Please show each line of the listing where "usize" is present.
..............................
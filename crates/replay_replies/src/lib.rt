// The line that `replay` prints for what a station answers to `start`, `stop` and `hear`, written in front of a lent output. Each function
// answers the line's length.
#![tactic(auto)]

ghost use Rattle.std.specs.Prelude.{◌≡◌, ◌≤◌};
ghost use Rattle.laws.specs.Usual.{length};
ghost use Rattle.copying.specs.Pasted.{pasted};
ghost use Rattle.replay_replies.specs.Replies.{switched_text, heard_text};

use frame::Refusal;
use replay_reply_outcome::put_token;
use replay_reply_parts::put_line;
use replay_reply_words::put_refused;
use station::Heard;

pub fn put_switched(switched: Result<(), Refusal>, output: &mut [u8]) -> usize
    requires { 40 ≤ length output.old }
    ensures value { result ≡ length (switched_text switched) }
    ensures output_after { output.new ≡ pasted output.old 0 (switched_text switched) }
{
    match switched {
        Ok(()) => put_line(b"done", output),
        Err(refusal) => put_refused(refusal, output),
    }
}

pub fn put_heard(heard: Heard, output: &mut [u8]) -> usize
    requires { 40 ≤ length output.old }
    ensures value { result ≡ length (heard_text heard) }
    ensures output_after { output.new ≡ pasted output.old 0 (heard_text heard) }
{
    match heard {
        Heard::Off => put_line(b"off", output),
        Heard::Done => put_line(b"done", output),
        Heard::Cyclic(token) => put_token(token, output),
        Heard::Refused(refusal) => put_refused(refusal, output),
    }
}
..............................
Output for this task |
pub fn put_switched(switched: Result<(), Refusal>, output: &mut [u8]) -> usize
pub fn put_heard(heard: Heard, output: &mut [u8]) -> usize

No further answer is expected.